Viele Arbeitsverhältnisse enden nicht durch eine Kündigung, sondern durch den Abschluss eines Aufhebungsvertrags.

Dies ist insbesondere dann der Fall, wenn die Beendigung auf Veranlassung des Arbeitgebers erfolgt. Dieses Vorgehen ist häufig für beide Seiten vorteilhaft. Das Unternehmen vermeidet einen eventuell folgenden Rechtsstreit beim Arbeitsgericht hinsichtlich der Wirksamkeit der Kündigung. Offene Punkte wie noch zu zahlende Gelder für Überstunden, Urlaub oder Gratifikationen können einvernehmlich geregelt werden. Der Arbeitnehmer dagegen lässt sich seine Unterschrift unter einen Aufhebungsvertrag regelmäßig durch eine Abfindung versilbern. Wenn sich eine Partei aber nach den Aufhebungsvertragsverhandlungen über den Tisch gezogen fühlt, wird sie versuchen, den nunmehr als nachteilig empfundenen Vertrag zu beseitigen.

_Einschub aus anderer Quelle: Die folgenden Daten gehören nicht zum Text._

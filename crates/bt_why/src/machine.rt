//! The state of the marked machine: what a step works on, how it reports, and how it takes arguments.
//!
//! It does what the style machine does, value by value and message by message, and isn't written for speed. What is proved
//! of a step is proved of `bt_machine`; a user of this crate compares the two.

use crate::values::{Block, Code, Kind, Value, Variables};
use bt_actions::{Complaint, Entry, Flow, STACK_LIMIT, TICK_LIMIT};
use bt_marks::{Line, Marked, Marks, Site, Source, Text, bytes_of, of_mark};
use bt_style::{Builtin, Style, Target};
use bt_text::{Bytes, Shared, TEXT_BYTES};
use bt_words::Program;
use std::alloc::{AllocError, Global};
use std::mem;

/// How many bytes a run may push before it gives up; a mark counts as `MARK_WORK` bytes. A paper with a thousand citations
/// pushes some ten million.
const MOST_WORK: usize = 4_000_000_000;

const MARK_WORK: usize = 100;

/// What a step is given beside the variables and the held line.
#[derive(Clone, Copy)]
pub struct Given<'a> {
    pub target: Target,
    /// The place of its entry, if it has one.
    pub entry: Option<usize>,
    /// The line of its command.
    pub line: usize,
    pub preamble: &'a [u8],
}

/// What a step wrote and reported.
#[derive(Drop)]
pub struct Left {
    pub lines: Vec<Line>,
    pub complaints: Vec<Complaint>,
    /// For each complaint the word that ran.
    pub sites: Vec<Site>,
    pub ticks: u32,
    pub stop: bool,
    /// Whether the run took too much work.
    pub gave_up: bool,
    /// The numbers of the fields that were pushed, in order.
    pub fields: Vec<usize>,
}

/// What waits to be run.
#[derive(Clone, Copy)]
pub enum Frame {
    /// The rest of a body from a word on, in a call.
    Body { block: Block, next: usize },
    /// A quoted name, called by a word.
    Name(Target, Site),
    /// A loop's test, which has run, and its body.
    Test(Code, Code, Site),
}

/// A run of a style whose texts carry marks.
#[derive(Drop)]
pub struct Machine<'a> {
    pub alloc: Global,
    pub style: &'a Style,
    pub program: &'a Program,
    pub entries: &'a [Entry],
    pub marks: Marks,
    pub globals: Variables,
    /// The variables of each entry.
    pub own: Vec<Variables>,
    pub held: Line,
    /// The number of the step, from 0.
    pub step: usize,
    /// The entry of each step so far.
    pub step_entries: Vec<Option<usize>>,
    pub entry: Option<usize>,
    pub preamble: &'a [u8],
    /// The word that runs.
    pub site: Site,
    pub stack: Vec<Value>,
    pub control: Vec<Frame>,
    /// The bytes that were pushed so far.
    pub work: usize,
    pub left: Left,
}

fn nothing_left(alloc: Global) -> Left {
    Left {
        lines: Vec::new(alloc),
        complaints: Vec::new(alloc),
        sites: Vec::new(alloc),
        ticks: 0,
        stop: false,
        gave_up: false,
        fields: Vec::new(alloc),
    }
}

/// The variables of the style before the first step.
fn first_globals(alloc: Global, style: &Style) -> Result<Variables, AllocError> {
    let mut globals = Variables::blank(
        alloc,
        style.global_numbers.len(),
        style.global_texts.len(),
    )?;
    for (place, name) in style.global_numbers.as_slice().iter().enumerate() {
        match name.as_slice() {
            b"entry.max$" => globals.set_number(place, 250),
            b"global.max$" => globals.set_number(place, 20_000),
            _ => {}
        }
    }
    Ok(globals)
}

fn first_own(
    alloc: Global,
    style: &Style,
    entries: &[Entry],
) -> Result<Vec<Variables>, AllocError> {
    let mut own = Vec::new(alloc);
    for _ in entries {
        own.push(Variables::blank(alloc, style.entry_numbers.len(), style.entry_texts.len())?)?;
    }
    Ok(own)
}

impl<'a> Machine<'a> {
    /// Before the first step of a run over these entries.
    pub fn new(
        alloc: Global,
        style: &'a Style,
        program: &'a Program,
        entries: &'a [Entry],
    ) -> Result<Machine<'a>, AllocError> {
        let globals = first_globals(alloc, style)?;
        let own = first_own(alloc, style, entries)?;
        Ok(Machine {
            alloc,
            style,
            program,
            entries,
            marks: Marks::new(alloc),
            globals,
            own,
            held: Vec::new(alloc),
            step: 0,
            step_entries: Vec::new(alloc),
            entry: None,
            preamble: &[],
            site: Site { call: 0, line: 0 },
            stack: Vec::new(alloc),
            control: Vec::new(alloc),
            work: 0,
            left: nothing_left(alloc),
        })
    }

    /// Carries out the next step.
    pub fn run(&mut self, given: Given<'a>) -> Result<Left, AllocError> {
        self.step_entries.push(given.entry)?;
        self.entry = given.entry;
        self.preamble = given.preamble;
        let line = given.line;
        let call = self.marks.enter(None, Site { call: 0, line }, self.step)?;
        self.site = Site { call, line };
        self.stack = Vec::new(self.alloc);
        self.control = Vec::new(self.alloc);
        self.control.push(Frame::Name(given.target, self.site))?;
        let flow = self.run_all()?;
        if flow == Flow::Go && !self.stack.is_empty() {
            self.tell(Complaint::LeftOver)?;
        }
        self.left.stop = flow == Flow::Stop;
        self.step = self.step.saturating_add(1);
        Ok(mem::replace(&mut self.left, nothing_left(self.alloc)))
    }

    /// The entry of the step.
    pub fn own_entry(&self) -> Option<&'a Entry> {
        let entries: &'a [Entry] = self.entries;
        entries.get(self.entry?)
    }

    /// The variables of the step's entry.
    pub fn own_variables(&self) -> Option<&Variables> {
        self.own.get(self.entry?)
    }

    pub fn own_variables_mut(&mut self) -> Option<&mut Variables> {
        let entry = self.entry?;
        self.own.get_mut(entry)
    }

    pub fn tell(&mut self, complaint: Complaint) -> Result<(), AllocError> {
        self.left.sites.push(self.site)?;
        Ok(self.left.complaints.push(complaint)?)
    }

    pub fn stop(&mut self, limit: Complaint) -> Result<Flow, AllocError> {
        self.tell(limit)?;
        Ok(Flow::Stop)
    }

    /// Takes a tick, if there is one left.
    pub fn tick(&mut self) -> bool {
        let is_left = self.left.ticks < TICK_LIMIT;
        if is_left {
            self.left.ticks = self.left.ticks.saturating_add(1);
        }
        is_left
    }

    /// Reports that a text is too long, or that the stack is full.
    pub fn pass_text_limit(&mut self) -> Result<Flow, AllocError> {
        if self.stack.len() < STACK_LIMIT {
            self.stop(Complaint::TextPassed)
        } else {
            self.stop(Complaint::StackPassed)
        }
    }

    pub fn push(&mut self, value: Value) -> Result<Flow, AllocError> {
        if self.stack.len() >= STACK_LIMIT {
            return self.stop(Complaint::StackPassed);
        }
        self.stack.push(value)?;
        Ok(Flow::Go)
    }

    pub fn push_shared(&mut self, text: Shared<Text>) -> Result<Flow, AllocError> {
        if self.stack.len() >= STACK_LIMIT || text.len() > TEXT_BYTES {
            return self.pass_text_limit();
        }
        self.work = self
            .work
            .saturating_add(text.len())
            .saturating_add(MARK_WORK);
        if self.work > MOST_WORK {
            self.left.gave_up = true;
            return Ok(Flow::Stop);
        }
        self.stack.push(Value::Text(text))?;
        Ok(Flow::Go)
    }

    pub fn push_text(&mut self, text: Text) -> Result<Flow, AllocError> {
        let text = Shared::new(self.alloc, text)?;
        self.push_shared(text)
    }

    /// Pushes bytes that come from one place.
    pub fn push_from(&mut self, source: Source, bytes: &[u8]) -> Result<Flow, AllocError> {
        let mark = self.marks.note(source, self.site)?;
        let text = of_mark(self.alloc, bytes, mark)?;
        self.push_text(text)
    }

    pub fn push_empty(&mut self) -> Result<Flow, AllocError> {
        self.push_text(Vec::new(self.alloc))
    }

    /// Reports an error and pushes the default, unless the stack is full.
    pub fn push_zero_in_error(&mut self, complaint: Complaint) -> Result<Flow, AllocError> {
        if self.stack.len() < STACK_LIMIT {
            self.tell(complaint)?;
        }
        self.push(Value::Number(0))
    }

    pub fn push_empty_in_error(&mut self, complaint: Complaint) -> Result<Flow, AllocError> {
        if self.stack.len() < STACK_LIMIT {
            self.tell(complaint)?;
        }
        self.push_empty()
    }

    /// The value this number of places below the top.
    pub fn below(&self, depth: usize) -> Option<&Value> {
        let place = self.stack.len().checked_sub(depth.saturating_add(1))?;
        self.stack.get(place)
    }

    pub fn drop_top(&mut self) -> Result<(), AllocError> {
        match self.stack.pop() {
            Some(_) => Ok(()),
            None => self.tell(Complaint::EmptyStack),
        }
    }

    /// Whether the value this number of places below the top has a kind; none if there is no such value.
    fn has_at(&self, depth: usize, kind: Kind) -> Option<bool> {
        Some(kind.has(self.below(depth)?))
    }

    fn has(&self, kinds: &[Kind]) -> bool {
        kinds
            .iter()
            .enumerate()
            .all(|(depth, kind)| self.has_at(depth, *kind) == Some(true))
    }

    fn has_wrong(&self, kinds: &[Kind]) -> bool {
        kinds
            .iter()
            .enumerate()
            .any(|(depth, kind)| self.has_at(depth, *kind) == Some(false))
    }

    /// Whether the top values have these kinds, the kind of the top first. If not, they are removed, and what is wrong is
    /// reported.
    pub fn finds(&mut self, builtin: Builtin, kinds: &[Kind]) -> Result<bool, AllocError> {
        if self.has(kinds) {
            return Ok(true);
        }
        let is_wrong = self.has_wrong(kinds);
        for _ in 0..kinds.len() {
            self.drop_top()?;
        }
        if is_wrong {
            self.tell(Complaint::WrongKind(builtin))?;
        }
        Ok(false)
    }

    /// Takes the top, which is a number. (0 stands for another value, which callers rule out.)
    pub fn pop_number(&mut self) -> i32 {
        match self.stack.pop() {
            Some(Value::Number(number)) => number,
            _ => 0,
        }
    }

    /// Takes the top, which is a text, as `pop_number` does.
    pub fn pop_text(&mut self) -> Result<Shared<Text>, AllocError> {
        match self.stack.pop() {
            Some(Value::Text(text)) => Ok(text),
            _ => Shared::new(self.alloc, Vec::new(self.alloc)),
        }
    }

    pub fn pop_code(&mut self) -> Code {
        match self.stack.pop() {
            Some(Value::Name(target)) => Code::Name(target),
            Some(Value::Block(block)) => Code::Block(block),
            _ => Code::Name(Target::Builtin(Builtin::Skip)),
        }
    }

    pub fn bytes(&self, text: &[Marked]) -> Result<Bytes, AllocError> {
        bytes_of(self.alloc, text)
    }
}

In Betracht kommt regelmäßig eine Anfechtung wegen widerrechtlicher Drohung oder ein Verstoß gegen das Gebot des fairen Verhandelns.

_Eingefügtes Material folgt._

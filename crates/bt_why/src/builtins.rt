//! The built-in functions on numbers and texts, and those that write.

use crate::machine::Machine;
use crate::values::{Kind, Value};
use bt_actions::{Complaint, Flow};
use bt_marks::{
    Maker, Marked, Source, Text, Written, aligned, break_lines, end_line, formatted, joined,
    name_in, of_mark, part,
};
use bt_names::{FormatFault, count, format};
use bt_style::Builtin;
use bt_text::{
    Bytes, Mode, TEXT_BYTES, add_period, change_case, is_white, part_place, purify, text_length,
    text_prefix, width,
};
use itoa::Buffer;
use std::alloc::AllocError;

/// The change of case that a text names.
fn mode_of(name: &[u8]) -> Option<Mode> {
    match name {
        [b't' | b'T'] => Some(Mode::Title),
        [b'l' | b'L'] => Some(Mode::Lower),
        [b'u' | b'U'] => Some(Mode::Upper),
        _ => None,
    }
}

/// The width of a text; no value has more bytes than a text may have.
fn text_width(text: &[u8]) -> usize {
    if text.len() <= TEXT_BYTES {
        width(text) as usize
    } else {
        0
    }
}

fn truth(holds: bool) -> i32 {
    if holds { 1 } else { 0 }
}

/// Whether two values are equal; none if they can't be compared.
fn are_equal(lower: Option<&Value>, upper: Option<&Value>) -> Option<bool> {
    match (lower?, upper?) {
        (Value::Number(lower), Value::Number(upper)) => Some(lower == upper),
        (Value::Text(lower), Value::Text(upper)) => Some(
            lower.len() == upper.len()
                && lower
                    .iter()
                    .zip(upper.iter())
                    .all(|(a, b)| a.byte == b.byte),
        ),
        _ => None,
    }
}

/// The value of a function of two numbers, if it is in range.
fn of_two(builtin: Builtin, lower: i32, upper: i32) -> Option<i32> {
    match builtin {
        Builtin::Greater => Some(truth(lower > upper)),
        Builtin::Less => Some(truth(lower < upper)),
        Builtin::Plus => lower.checked_add(upper),
        _ => lower.checked_sub(upper),
    }
}

impl<'a> Machine<'a> {
    fn maker(&self, builtin: Builtin) -> Maker {
        Maker {
            builtin,
            site: self.site,
        }
    }

    /// The bytes that a function made of a text, with marks.
    fn push_made(
        &mut self,
        builtin: Builtin,
        argument: &[Marked],
        bytes: &[u8],
    ) -> Result<Flow, AllocError> {
        let maker = self.maker(builtin);
        let text = aligned(self.alloc, &mut self.marks, maker, argument, bytes)?;
        self.push_text(text)
    }

    pub fn two_numbers(&mut self, builtin: Builtin) -> Result<Flow, AllocError> {
        if !self.finds(builtin, &[Kind::Number, Kind::Number])? {
            return self.push(Value::Number(0));
        }
        let upper = self.pop_number();
        let lower = self.pop_number();
        match of_two(builtin, lower, upper) {
            Some(number) => self.push(Value::Number(number)),
            None => self.push_zero_in_error(Complaint::OutOfRange(builtin)),
        }
    }

    pub fn equals(&mut self) -> Result<Flow, AllocError> {
        if let Some(holds) = are_equal(self.below(1), self.below(0)) {
            self.drop_top()?;
            self.drop_top()?;
            return self.push(Value::Number(truth(holds)));
        }
        if !self.finds(Builtin::Equals, &[Kind::Any, Kind::Any])? {
            return self.push(Value::Number(0));
        }
        self.drop_top()?;
        self.drop_top()?;
        self.push_zero_in_error(Complaint::WrongKind(Builtin::Equals))
    }

    pub fn join(&mut self) -> Result<Flow, AllocError> {
        if !self.finds(Builtin::Join, &[Kind::Text, Kind::Text])? {
            return self.push_empty();
        }
        let upper = self.pop_text()?;
        let lower = self.pop_text()?;
        if lower.len() > TEXT_BYTES.saturating_sub(upper.len()) {
            return self.pass_text_limit();
        }
        let text = joined(self.alloc, lower.as_slice(), upper.as_slice())?;
        self.push_text(text)
    }

    pub fn text_to_text(&mut self, builtin: Builtin) -> Result<Flow, AllocError> {
        if !self.finds(builtin, &[Kind::Text])? {
            return self.push_empty();
        }
        let text = self.pop_text()?;
        let bytes = self.bytes(text.as_slice())?;
        let made = match builtin {
            Builtin::AddPeriod => add_period(self.alloc, bytes.as_slice())?,
            _ => purify(self.alloc, bytes.as_slice())?,
        };
        self.push_made(builtin, text.as_slice(), made.as_slice())
    }

    pub fn convert_case(&mut self) -> Result<Flow, AllocError> {
        if !self.finds(Builtin::ChangeCase, &[Kind::Text, Kind::Text])? {
            return self.push_empty();
        }
        let name = self.pop_text()?;
        let name = self.bytes(name.as_slice())?;
        let Some(mode) = mode_of(name.as_slice()) else {
            self.tell(Complaint::BadCase(name))?;
            return Ok(Flow::Go);
        };
        let text = self.pop_text()?;
        let bytes = self.bytes(text.as_slice())?;
        let made = change_case(self.alloc, bytes.as_slice(), mode)?;
        self.push_made(Builtin::ChangeCase, text.as_slice(), made.as_slice())
    }

    pub fn prefix(&mut self) -> Result<Flow, AllocError> {
        if !self.finds(Builtin::TextPrefix, &[Kind::Number, Kind::Text])? {
            return self.push_empty();
        }
        let most = self.pop_number();
        let text = self.pop_text()?;
        let bytes = self.bytes(text.as_slice())?;
        let made = text_prefix(self.alloc, bytes.as_slice(), most)?;
        self.push_made(Builtin::TextPrefix, text.as_slice(), made.as_slice())
    }

    pub fn cut(&mut self) -> Result<Flow, AllocError> {
        if !self.finds(
            Builtin::Substring,
            &[Kind::Number, Kind::Number, Kind::Text],
        )? {
            return self.push_empty();
        }
        let length = self.pop_number();
        let start = self.pop_number();
        let text = self.pop_text()?;
        let (from, length) = part_place(text.len(), start, length);
        let text = part(self.alloc, text.as_slice(), from, length)?;
        self.push_text(text)
    }

    fn name_complaint(
        &self,
        fault: FormatFault,
        names: Bytes,
        number: i32,
        pattern: Bytes,
    ) -> Result<Complaint, AllocError> {
        match fault {
            FormatFault::NoSuchName => Ok(Complaint::NoSuchName(number, names)),
            FormatFault::TooManyCommas => Ok(Complaint::TooManyCommas(number, names)),
            FormatFault::PatternFault(place) => Ok(Complaint::PatternFault(pattern, place)),
            FormatFault::OutOfMemory => Err(AllocError),
        }
    }

    fn push_name(
        &mut self,
        text: &[Marked],
        number: i32,
        pattern: Bytes,
    ) -> Result<Flow, AllocError> {
        let names = self.bytes(text)?;
        match format(self.alloc, names.as_slice(), number, pattern.as_slice()) {
            Ok(made) => {
                let maker = self.maker(Builtin::FormatName);
                let (name, made) = (name_in(text, number), made.as_slice());
                let text = formatted(self.alloc, &mut self.marks, maker, name, made)?;
                self.push_text(text)
            }
            Err(fault) => {
                let complaint = self.name_complaint(fault, names, number, pattern)?;
                self.push_empty_in_error(complaint)
            }
        }
    }

    pub fn format_name(&mut self) -> Result<Flow, AllocError> {
        if !self.finds(Builtin::FormatName, &[Kind::Text, Kind::Number, Kind::Text])? {
            return self.push_empty();
        }
        let pattern = self.pop_text()?;
        let pattern = self.bytes(pattern.as_slice())?;
        let number = self.pop_number();
        let names = self.pop_text()?;
        self.push_name(names.as_slice(), number, pattern)
    }

    pub fn text_to_count(&mut self, builtin: Builtin) -> Result<Flow, AllocError> {
        if !self.finds(builtin, &[Kind::Text])? {
            return self.push(Value::Number(0));
        }
        let text = self.pop_text()?;
        let bytes = self.bytes(text.as_slice())?;
        let bytes = bytes.as_slice();
        let number = match builtin {
            Builtin::NumNames => count(bytes),
            Builtin::TextLength => text_length(bytes),
            _ => text_width(bytes),
        };
        match i32::try_from(number) {
            Ok(number) => self.push(Value::Number(number)),
            Err(_) => self.push_zero_in_error(Complaint::OutOfRange(builtin)),
        }
    }

    pub fn character_number(&mut self) -> Result<Flow, AllocError> {
        if !self.finds(Builtin::ChrToInt, &[Kind::Text])? {
            return self.push(Value::Number(0));
        }
        let text = self.pop_text()?;
        match text.as_slice() {
            [character] => self.push(Value::Number(character.byte as i32)),
            text => {
                let text = self.bytes(text)?;
                self.push_zero_in_error(Complaint::NotOneCharacter(text))
            }
        }
    }

    /// Pushes what a function made of a number.
    fn push_of_number(&mut self, builtin: Builtin, bytes: &[u8]) -> Result<Flow, AllocError> {
        let mark = self.marks.note(Source::Added(builtin, None), self.site)?;
        let text: Text = of_mark(self.alloc, bytes, mark)?;
        self.push_text(text)
    }

    pub fn character(&mut self) -> Result<Flow, AllocError> {
        if !self.finds(Builtin::IntToChr, &[Kind::Number])? {
            return self.push_empty();
        }
        let number = self.pop_number();
        if 0 <= number && number < 128 {
            self.push_of_number(Builtin::IntToChr, &[number as u8])
        } else {
            self.push_empty_in_error(Complaint::NotAscii(number))
        }
    }

    pub fn decimal(&mut self) -> Result<Flow, AllocError> {
        if !self.finds(Builtin::IntToStr, &[Kind::Number])? {
            return self.push_empty();
        }
        let number = self.pop_number();
        let mut buffer = Buffer::new();
        self.push_of_number(Builtin::IntToStr, buffer.format(number).as_bytes())
    }

    pub fn test_field(&mut self, builtin: Builtin) -> Result<Flow, AllocError> {
        if !self.finds(builtin, &[Kind::FieldText])? {
            return self.push(Value::Number(0));
        }
        let holds = match self.stack.pop() {
            Some(Value::Text(text)) => {
                builtin == Builtin::Empty && text.iter().all(|marked| is_white(marked.byte))
            }
            _ => true,
        };
        self.push(Value::Number(truth(holds)))
    }

    pub fn newline(&mut self) -> Result<Flow, AllocError> {
        end_line(self.alloc, &mut self.held, &mut self.left.lines)?;
        Ok(Flow::Go)
    }

    fn hold(&mut self, text: &[Marked]) -> Result<(), AllocError> {
        let step = self.step;
        for marked in text {
            self.held.push(Written {
                marked: *marked,
                step,
            })?;
        }
        Ok(())
    }

    pub fn write(&mut self) -> Result<Flow, AllocError> {
        if !self.finds(Builtin::Write, &[Kind::Text])? {
            return Ok(Flow::Go);
        }
        let text = self.pop_text()?;
        if text.len() > TEXT_BYTES.saturating_sub(self.held.len()) {
            return self.stop(Complaint::TextPassed);
        }
        self.hold(text.as_slice())?;
        if self.held.len() > 79 {
            let mark = self.marks.note(Source::Indent, self.site)?;
            let marked = Marked {
                byte: b' ',
                mark,
                at: 0,
            };
            let step = self.step;
            let space = Written { marked, step };
            break_lines(self.alloc, &mut self.held, &mut self.left.lines, space)?;
        }
        Ok(Flow::Go)
    }

    pub fn warning(&mut self) -> Result<Flow, AllocError> {
        if self.finds(Builtin::Warning, &[Kind::Text])? {
            let text = self.pop_text()?;
            let words = self.bytes(text.as_slice())?;
            self.tell(Complaint::Warned(words))?;
        }
        Ok(Flow::Go)
    }
}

Einen solchen Fall hatte nun das Bundesarbeitsgericht zu entscheiden (Urteil vom 24.02.2022, Az.: 6 AZR 333/21). In dem Prozess stritten die Parteien über den Fortbestand des Arbeitsverhältnisses nach Abschluss eines Aufhebungsvertrags. Am 22. November 2019 führten der Geschäftsführer und der Prozessbevollmächtigte der Beklagten, im Büro des Geschäftsführers ein unerwartetes Gespräch mit der als Teamkoordinatorin Verkauf im Bereich Haustechnik beschäftigten Klägerin. Sie erhoben gegenüber der Klägerin den Vorwurf, diese habe unberechtigt Einkaufspreise in der EDV der Beklagten abgeändert bzw. reduziert, um so einen höheren Verkaufsgewinn vorzuspiegeln. Die Klägerin unterzeichnete nach einer etwa zehnminütigen Pause, in der die drei anwesenden Personen schweigend am Tisch saßen, den von der Beklagten vorbereiteten Aufhebungsvertrag. Dieser sah u.a. eine einvernehmliche Beendigung des Arbeitsverhältnisses zum 30. November 2019 vor. Die weiteren Einzelheiten des Gesprächsverlaufs sind streitig geblieben. Die Klägerin focht den Aufhebungsvertrag mit Erklärung vom 29. November 2019 wegen widerrechtlicher Drohung an, nachdem man ihr bei Nichtunterzeichnung des Vertrags mit einer fristlosen Kündigung sowie einer Strafanzeige gedroht hatte. Unter Druck gesetzt gefühlt, hatte sie sich auch dadurch, dass ihre Bitte um Bedenkzeit und Möglichkeit der anwaltlichen Beratung zurückgewiesen wurde.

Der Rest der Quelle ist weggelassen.